*PROMPT*: Repeat the entries below exactly. Begin with the first line and end with the line that contains "how they end.".
"""
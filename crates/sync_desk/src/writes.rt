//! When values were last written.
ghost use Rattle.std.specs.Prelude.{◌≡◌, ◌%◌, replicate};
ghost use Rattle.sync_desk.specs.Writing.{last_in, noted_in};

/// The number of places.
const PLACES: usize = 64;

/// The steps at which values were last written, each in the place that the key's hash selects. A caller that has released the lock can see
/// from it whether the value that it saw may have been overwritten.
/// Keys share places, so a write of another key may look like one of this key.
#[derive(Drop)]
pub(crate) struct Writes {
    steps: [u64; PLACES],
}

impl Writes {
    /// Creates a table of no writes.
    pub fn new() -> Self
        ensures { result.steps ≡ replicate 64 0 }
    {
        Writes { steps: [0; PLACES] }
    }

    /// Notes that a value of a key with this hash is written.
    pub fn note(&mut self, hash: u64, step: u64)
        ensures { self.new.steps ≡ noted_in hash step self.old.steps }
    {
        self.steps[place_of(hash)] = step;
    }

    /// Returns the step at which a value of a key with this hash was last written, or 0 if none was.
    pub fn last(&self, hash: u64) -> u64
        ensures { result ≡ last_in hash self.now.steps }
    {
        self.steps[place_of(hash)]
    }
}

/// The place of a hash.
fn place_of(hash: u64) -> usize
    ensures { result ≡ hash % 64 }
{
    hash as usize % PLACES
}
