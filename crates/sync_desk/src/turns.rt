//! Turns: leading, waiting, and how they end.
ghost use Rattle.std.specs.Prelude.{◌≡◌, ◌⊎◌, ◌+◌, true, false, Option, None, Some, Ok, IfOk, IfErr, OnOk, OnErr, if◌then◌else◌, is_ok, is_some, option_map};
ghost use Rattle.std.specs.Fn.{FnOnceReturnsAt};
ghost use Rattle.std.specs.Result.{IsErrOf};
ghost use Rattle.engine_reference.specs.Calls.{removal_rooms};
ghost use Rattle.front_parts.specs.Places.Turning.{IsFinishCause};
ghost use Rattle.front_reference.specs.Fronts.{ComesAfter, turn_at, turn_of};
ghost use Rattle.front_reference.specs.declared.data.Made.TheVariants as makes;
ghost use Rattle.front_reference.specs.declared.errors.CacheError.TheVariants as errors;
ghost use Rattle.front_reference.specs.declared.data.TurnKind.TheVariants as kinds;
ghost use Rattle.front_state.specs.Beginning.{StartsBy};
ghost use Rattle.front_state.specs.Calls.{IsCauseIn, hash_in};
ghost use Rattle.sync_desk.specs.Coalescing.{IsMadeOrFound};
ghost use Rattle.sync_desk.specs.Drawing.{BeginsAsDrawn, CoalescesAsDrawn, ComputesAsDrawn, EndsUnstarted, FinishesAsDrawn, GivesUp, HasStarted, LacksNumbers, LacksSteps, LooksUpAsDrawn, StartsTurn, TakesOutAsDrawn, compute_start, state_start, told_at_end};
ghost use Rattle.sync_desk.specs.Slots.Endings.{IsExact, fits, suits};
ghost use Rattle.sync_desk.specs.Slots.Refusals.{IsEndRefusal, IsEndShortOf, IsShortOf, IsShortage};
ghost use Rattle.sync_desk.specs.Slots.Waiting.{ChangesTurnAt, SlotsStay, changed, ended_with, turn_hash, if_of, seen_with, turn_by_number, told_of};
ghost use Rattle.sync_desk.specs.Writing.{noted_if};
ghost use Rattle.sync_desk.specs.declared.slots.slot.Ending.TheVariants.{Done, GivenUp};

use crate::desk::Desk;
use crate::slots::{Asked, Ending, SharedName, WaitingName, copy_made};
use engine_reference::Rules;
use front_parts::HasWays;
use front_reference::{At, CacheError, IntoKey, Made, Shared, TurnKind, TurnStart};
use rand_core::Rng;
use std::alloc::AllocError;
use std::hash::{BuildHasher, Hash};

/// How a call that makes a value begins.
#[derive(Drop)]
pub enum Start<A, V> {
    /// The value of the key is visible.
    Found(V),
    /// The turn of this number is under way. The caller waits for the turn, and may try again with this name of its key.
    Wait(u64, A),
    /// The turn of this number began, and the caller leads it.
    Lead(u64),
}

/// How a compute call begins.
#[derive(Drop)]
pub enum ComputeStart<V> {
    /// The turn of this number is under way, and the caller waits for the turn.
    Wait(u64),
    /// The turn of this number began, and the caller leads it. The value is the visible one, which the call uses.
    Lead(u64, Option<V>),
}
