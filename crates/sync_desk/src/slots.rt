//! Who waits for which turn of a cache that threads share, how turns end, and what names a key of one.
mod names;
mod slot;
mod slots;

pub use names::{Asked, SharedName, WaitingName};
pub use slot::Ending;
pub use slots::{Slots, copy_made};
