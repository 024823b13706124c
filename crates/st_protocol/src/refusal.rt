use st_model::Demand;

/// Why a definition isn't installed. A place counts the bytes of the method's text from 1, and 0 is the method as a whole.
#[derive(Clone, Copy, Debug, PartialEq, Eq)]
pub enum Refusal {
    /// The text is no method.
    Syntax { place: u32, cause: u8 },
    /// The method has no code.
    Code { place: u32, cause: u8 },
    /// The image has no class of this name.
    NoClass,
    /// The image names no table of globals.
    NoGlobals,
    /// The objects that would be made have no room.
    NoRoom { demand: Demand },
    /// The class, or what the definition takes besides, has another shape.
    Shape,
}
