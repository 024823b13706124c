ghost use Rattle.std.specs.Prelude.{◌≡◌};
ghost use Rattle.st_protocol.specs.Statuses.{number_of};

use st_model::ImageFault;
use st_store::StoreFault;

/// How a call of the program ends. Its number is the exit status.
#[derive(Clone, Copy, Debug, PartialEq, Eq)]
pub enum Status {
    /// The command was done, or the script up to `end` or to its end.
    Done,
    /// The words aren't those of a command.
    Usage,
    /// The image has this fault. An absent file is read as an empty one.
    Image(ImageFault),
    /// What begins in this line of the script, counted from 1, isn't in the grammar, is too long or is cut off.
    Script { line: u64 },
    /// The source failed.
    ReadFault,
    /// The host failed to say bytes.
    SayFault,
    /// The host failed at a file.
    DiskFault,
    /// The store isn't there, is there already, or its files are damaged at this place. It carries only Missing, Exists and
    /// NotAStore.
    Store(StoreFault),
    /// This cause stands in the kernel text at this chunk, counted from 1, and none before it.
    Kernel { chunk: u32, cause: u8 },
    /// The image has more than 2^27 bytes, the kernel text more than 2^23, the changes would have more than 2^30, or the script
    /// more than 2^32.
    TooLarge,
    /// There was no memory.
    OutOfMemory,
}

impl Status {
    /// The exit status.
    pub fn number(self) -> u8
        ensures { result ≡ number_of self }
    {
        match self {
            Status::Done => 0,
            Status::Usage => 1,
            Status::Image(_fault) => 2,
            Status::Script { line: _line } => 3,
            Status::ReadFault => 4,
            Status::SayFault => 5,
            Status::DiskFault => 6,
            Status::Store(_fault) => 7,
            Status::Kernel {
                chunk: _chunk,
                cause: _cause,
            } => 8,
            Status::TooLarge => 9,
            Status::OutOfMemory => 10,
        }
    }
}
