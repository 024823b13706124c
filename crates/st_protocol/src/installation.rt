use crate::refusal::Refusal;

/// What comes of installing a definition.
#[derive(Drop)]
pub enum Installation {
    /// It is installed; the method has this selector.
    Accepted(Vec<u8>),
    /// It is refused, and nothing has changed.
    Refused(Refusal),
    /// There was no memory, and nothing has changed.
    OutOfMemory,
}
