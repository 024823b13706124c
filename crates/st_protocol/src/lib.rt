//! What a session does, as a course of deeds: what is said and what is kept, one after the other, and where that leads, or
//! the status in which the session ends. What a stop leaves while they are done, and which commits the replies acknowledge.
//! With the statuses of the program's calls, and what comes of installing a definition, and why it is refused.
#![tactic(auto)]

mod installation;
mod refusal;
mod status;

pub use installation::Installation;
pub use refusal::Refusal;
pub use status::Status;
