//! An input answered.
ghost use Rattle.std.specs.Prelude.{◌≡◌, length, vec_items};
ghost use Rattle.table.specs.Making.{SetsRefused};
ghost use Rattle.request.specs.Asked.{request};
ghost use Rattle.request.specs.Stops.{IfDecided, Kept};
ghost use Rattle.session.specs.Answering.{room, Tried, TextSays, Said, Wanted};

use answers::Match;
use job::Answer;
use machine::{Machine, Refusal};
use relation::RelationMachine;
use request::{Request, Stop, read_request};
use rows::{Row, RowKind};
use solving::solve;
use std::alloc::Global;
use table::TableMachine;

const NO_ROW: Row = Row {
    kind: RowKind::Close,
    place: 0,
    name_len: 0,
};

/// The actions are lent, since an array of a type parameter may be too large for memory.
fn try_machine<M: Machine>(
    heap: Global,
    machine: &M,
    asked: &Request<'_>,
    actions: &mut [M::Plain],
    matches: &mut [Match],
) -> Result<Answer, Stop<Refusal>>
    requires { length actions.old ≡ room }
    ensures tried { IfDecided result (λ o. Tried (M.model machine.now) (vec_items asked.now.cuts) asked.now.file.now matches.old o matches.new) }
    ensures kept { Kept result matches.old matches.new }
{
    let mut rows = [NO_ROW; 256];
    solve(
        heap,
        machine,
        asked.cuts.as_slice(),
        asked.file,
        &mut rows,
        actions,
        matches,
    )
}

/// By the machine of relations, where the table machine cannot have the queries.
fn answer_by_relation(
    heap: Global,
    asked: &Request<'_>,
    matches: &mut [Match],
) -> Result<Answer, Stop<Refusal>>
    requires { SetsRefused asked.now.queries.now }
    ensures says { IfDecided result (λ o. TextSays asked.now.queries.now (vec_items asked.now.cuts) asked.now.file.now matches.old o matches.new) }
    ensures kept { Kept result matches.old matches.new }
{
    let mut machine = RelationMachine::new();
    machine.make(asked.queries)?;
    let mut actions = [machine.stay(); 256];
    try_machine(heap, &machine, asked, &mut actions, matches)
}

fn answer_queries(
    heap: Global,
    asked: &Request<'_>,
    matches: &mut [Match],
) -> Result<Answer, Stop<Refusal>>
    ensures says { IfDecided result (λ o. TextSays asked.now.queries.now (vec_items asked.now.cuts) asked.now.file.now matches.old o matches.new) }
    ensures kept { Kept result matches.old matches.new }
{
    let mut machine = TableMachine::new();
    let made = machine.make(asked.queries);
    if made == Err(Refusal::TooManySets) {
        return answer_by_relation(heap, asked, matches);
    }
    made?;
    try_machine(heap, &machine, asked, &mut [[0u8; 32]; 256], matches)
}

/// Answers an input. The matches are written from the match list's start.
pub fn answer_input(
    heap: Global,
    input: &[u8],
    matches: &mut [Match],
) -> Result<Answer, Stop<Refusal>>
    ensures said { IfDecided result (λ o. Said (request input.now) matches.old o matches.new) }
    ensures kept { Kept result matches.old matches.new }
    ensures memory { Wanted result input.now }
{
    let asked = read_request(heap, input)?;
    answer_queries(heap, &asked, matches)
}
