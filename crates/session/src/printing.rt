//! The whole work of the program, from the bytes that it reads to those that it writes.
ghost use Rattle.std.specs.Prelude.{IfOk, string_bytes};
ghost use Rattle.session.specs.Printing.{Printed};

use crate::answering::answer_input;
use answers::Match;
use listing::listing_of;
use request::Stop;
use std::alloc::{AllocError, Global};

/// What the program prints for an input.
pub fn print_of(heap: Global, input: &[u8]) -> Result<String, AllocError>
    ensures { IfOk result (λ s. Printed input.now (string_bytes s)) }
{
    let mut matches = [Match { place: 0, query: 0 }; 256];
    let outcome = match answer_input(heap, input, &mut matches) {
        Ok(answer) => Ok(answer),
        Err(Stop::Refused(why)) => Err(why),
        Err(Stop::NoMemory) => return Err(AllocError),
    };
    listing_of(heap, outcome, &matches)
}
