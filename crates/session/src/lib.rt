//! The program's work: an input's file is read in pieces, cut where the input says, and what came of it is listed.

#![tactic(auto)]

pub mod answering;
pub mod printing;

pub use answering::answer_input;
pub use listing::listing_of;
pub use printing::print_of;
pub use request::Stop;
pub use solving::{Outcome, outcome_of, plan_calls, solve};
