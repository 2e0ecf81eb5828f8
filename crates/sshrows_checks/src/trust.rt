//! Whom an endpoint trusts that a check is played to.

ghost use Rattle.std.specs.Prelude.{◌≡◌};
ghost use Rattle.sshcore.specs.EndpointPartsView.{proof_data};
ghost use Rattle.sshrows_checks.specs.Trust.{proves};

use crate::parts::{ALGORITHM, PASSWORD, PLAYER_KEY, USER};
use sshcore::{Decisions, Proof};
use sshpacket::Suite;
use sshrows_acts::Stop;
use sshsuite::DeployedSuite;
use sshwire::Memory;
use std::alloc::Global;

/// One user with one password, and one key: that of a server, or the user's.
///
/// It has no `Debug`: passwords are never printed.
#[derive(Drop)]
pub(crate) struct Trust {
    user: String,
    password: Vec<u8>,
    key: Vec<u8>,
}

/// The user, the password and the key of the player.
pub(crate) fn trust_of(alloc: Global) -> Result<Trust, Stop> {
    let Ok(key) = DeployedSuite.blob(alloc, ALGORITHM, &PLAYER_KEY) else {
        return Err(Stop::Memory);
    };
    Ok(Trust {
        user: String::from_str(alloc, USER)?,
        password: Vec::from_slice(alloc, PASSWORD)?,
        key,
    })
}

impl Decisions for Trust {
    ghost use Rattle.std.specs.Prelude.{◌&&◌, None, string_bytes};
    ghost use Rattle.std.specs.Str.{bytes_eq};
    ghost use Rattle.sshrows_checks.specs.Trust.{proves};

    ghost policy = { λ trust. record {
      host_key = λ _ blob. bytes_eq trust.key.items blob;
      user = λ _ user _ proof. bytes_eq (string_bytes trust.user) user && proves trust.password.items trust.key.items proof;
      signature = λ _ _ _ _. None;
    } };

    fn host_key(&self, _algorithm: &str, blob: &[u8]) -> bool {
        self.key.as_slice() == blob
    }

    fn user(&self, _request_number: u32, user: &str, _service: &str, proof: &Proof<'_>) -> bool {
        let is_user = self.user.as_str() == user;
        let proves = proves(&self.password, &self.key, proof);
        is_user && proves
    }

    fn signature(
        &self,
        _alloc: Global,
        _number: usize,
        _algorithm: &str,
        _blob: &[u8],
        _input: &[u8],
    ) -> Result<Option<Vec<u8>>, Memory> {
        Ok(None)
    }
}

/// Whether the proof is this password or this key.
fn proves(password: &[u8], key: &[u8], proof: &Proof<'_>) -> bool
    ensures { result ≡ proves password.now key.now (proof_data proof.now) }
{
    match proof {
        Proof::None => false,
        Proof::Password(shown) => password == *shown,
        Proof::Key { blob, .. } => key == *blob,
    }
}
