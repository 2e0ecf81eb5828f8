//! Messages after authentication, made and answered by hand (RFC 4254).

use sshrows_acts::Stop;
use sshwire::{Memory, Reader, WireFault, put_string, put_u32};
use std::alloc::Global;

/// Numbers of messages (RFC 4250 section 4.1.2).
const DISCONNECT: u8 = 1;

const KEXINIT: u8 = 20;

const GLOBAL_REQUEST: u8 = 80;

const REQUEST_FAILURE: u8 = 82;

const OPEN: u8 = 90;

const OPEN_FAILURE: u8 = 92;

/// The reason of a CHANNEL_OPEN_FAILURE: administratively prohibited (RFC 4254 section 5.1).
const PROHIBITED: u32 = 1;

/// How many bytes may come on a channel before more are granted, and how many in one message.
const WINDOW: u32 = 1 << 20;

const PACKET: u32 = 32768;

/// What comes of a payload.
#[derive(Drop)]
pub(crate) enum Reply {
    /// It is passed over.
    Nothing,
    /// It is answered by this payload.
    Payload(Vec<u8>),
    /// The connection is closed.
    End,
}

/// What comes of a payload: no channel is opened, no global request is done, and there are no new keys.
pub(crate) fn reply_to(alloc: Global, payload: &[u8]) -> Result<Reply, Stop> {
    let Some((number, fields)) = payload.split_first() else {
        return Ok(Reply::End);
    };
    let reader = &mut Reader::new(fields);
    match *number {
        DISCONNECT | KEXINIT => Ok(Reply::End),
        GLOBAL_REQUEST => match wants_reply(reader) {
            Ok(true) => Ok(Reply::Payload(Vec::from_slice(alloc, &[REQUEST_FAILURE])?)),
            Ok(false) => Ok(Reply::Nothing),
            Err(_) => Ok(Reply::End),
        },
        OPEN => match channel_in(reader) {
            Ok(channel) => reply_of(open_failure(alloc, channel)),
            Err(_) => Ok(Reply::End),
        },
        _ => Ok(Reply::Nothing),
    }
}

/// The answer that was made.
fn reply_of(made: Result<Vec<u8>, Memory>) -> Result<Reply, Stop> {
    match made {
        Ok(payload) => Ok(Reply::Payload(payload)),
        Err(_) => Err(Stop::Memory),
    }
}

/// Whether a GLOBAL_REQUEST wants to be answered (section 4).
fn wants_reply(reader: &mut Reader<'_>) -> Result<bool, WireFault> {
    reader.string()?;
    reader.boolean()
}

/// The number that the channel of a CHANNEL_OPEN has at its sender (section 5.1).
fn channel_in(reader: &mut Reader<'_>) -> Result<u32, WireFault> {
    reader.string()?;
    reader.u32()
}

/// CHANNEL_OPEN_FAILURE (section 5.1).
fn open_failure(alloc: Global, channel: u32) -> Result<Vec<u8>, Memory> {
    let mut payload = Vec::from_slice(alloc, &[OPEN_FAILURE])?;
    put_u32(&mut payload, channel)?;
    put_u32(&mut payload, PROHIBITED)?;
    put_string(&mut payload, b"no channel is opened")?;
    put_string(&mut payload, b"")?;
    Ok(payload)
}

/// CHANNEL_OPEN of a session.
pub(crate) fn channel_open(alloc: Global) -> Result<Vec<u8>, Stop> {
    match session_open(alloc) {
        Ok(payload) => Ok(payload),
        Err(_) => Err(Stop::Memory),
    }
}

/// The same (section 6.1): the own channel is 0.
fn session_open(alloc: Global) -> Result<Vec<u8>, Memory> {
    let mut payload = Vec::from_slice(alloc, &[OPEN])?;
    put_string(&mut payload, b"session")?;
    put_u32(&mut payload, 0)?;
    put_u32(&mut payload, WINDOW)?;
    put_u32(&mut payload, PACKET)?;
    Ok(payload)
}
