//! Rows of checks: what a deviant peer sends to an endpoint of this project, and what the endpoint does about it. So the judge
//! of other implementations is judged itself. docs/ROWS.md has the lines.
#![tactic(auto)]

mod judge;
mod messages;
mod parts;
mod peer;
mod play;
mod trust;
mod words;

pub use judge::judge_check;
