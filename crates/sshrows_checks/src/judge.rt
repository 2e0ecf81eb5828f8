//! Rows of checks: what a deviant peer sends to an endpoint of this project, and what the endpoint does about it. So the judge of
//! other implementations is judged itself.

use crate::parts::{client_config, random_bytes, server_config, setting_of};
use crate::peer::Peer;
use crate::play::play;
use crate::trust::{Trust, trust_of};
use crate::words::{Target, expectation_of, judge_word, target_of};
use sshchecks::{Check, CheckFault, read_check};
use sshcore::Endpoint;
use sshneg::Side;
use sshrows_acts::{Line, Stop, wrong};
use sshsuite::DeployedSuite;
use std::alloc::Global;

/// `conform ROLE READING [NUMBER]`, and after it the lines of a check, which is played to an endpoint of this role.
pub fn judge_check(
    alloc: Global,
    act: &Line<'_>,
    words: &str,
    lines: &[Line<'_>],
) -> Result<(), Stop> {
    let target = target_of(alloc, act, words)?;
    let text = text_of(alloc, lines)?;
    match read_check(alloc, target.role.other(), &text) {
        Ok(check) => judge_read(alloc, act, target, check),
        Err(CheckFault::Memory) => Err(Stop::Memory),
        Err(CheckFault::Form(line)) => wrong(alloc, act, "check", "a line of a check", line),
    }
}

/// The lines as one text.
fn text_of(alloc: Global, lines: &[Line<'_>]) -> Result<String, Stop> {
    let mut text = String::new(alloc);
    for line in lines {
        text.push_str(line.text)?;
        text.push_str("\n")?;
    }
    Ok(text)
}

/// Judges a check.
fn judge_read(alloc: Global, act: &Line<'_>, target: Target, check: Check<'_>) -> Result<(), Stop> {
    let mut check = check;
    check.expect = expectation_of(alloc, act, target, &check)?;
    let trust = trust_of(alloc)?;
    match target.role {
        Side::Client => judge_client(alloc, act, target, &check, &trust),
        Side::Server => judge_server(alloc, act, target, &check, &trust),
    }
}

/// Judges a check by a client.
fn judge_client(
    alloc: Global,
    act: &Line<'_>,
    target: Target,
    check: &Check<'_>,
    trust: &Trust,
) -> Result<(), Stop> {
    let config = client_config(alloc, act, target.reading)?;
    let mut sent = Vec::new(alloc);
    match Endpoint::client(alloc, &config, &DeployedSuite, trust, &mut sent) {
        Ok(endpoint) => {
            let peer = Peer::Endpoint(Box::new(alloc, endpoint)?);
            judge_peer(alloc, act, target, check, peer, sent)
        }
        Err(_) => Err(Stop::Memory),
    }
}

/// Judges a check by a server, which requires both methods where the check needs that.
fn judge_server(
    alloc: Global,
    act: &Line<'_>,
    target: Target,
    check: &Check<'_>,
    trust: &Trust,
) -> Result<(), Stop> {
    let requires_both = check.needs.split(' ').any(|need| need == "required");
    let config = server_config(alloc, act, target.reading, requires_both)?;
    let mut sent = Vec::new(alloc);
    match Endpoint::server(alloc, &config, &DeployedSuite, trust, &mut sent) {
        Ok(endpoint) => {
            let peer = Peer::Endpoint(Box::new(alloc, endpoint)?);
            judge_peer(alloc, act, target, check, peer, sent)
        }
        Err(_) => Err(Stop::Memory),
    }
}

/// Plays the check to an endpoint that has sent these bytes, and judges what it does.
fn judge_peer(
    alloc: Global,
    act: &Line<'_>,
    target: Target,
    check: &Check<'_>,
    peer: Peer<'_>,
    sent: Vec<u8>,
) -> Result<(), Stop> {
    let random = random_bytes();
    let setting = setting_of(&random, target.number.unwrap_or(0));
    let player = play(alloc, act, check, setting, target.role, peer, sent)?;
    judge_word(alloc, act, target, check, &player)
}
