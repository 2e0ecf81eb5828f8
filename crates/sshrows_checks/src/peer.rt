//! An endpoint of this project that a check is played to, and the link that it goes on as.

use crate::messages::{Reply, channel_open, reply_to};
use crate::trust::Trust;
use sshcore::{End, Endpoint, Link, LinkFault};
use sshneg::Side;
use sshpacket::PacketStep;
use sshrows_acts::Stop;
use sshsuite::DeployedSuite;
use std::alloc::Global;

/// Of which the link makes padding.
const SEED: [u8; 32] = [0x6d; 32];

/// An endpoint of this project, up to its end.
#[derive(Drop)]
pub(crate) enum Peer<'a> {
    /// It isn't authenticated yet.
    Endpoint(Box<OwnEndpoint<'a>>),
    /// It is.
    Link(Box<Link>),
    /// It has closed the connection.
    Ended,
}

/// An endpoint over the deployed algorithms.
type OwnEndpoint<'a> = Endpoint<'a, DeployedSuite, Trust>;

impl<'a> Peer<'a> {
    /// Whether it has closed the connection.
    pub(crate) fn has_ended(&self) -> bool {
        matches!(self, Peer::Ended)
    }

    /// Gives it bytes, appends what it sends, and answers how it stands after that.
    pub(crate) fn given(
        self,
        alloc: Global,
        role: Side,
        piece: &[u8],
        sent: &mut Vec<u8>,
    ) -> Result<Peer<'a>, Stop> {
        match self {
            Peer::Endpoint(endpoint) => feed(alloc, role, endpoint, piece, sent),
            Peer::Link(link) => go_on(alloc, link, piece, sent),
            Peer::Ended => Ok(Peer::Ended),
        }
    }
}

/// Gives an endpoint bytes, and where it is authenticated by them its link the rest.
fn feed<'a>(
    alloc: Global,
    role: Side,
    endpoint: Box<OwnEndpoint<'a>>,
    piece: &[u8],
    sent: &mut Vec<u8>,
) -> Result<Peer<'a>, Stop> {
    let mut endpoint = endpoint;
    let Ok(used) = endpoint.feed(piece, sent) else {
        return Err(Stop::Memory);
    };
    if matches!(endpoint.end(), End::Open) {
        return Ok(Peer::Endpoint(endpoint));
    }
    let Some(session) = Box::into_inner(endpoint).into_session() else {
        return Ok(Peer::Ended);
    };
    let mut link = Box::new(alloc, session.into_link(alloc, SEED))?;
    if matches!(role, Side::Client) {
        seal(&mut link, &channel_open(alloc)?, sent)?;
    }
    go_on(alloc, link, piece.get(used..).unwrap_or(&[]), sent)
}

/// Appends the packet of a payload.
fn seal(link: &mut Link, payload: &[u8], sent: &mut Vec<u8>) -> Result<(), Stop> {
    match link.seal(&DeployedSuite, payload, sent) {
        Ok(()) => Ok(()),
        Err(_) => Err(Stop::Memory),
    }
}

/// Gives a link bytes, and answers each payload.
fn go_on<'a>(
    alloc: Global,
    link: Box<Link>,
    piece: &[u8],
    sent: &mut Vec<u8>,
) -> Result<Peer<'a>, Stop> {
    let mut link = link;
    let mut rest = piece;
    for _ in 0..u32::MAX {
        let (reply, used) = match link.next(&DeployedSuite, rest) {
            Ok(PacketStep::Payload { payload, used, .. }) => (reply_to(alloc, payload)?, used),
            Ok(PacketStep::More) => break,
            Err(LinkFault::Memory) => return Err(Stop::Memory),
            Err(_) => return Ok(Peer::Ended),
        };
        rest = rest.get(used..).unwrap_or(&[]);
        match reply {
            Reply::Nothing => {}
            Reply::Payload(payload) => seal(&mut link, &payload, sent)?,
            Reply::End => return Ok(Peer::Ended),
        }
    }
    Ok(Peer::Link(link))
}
"""
*THE ANSWER*:
filename crates/sync_desk/src/writes.rt
//! When values were last written.
ghost use Rattle.std.specs.Prelude.{◌≡◌, ◌%◌, replicate};
ghost use Rattle.sync_desk.specs.Writing.{last_in, noted_in};

/// The number of places.
const PLACES: usize = 64;

/// The steps at which values were last written, each in the place that the key's hash selects. A caller that has released the lock can see
/// from it whether the value that it saw may have been overwritten.
/// Keys share places, so a write of another key may look like one of this key.
#[derive(Drop)]
pub(crate) struct Writes {
    steps: [u64; PLACES],
}

impl Writes {
    /// Creates a table of no writes.
    pub fn new() -> Self
        ensures { result.steps ≡ replicate 64 0 }
    {
        Writes { steps: [0; PLACES] }
    }

    /// Notes that a value of a key with this hash is written.
    pub fn note(&mut self, hash: u64, step: u64)
        ensures { self.new.steps ≡ noted_in hash step self.old.steps }
    {
        self.steps[place_of(hash)] = step;
    }

    /// Returns the step at which a value of a key with this hash was last written, or 0 if none was.
    pub fn last(&self, hash: u64) -> u64
        ensures { result ≡ last_in hash self.now.steps }
    {
        self.steps[place_of(hash)]
    }
}

/// The place of a hash.
fn place_of(hash: u64) -> usize
    ensures { result ≡ hash % 64 }
{
    hash as usize % PLACES
}
filename crates/sync_desk/src/turns.rt
//! Turns: leading, waiting, and how they end.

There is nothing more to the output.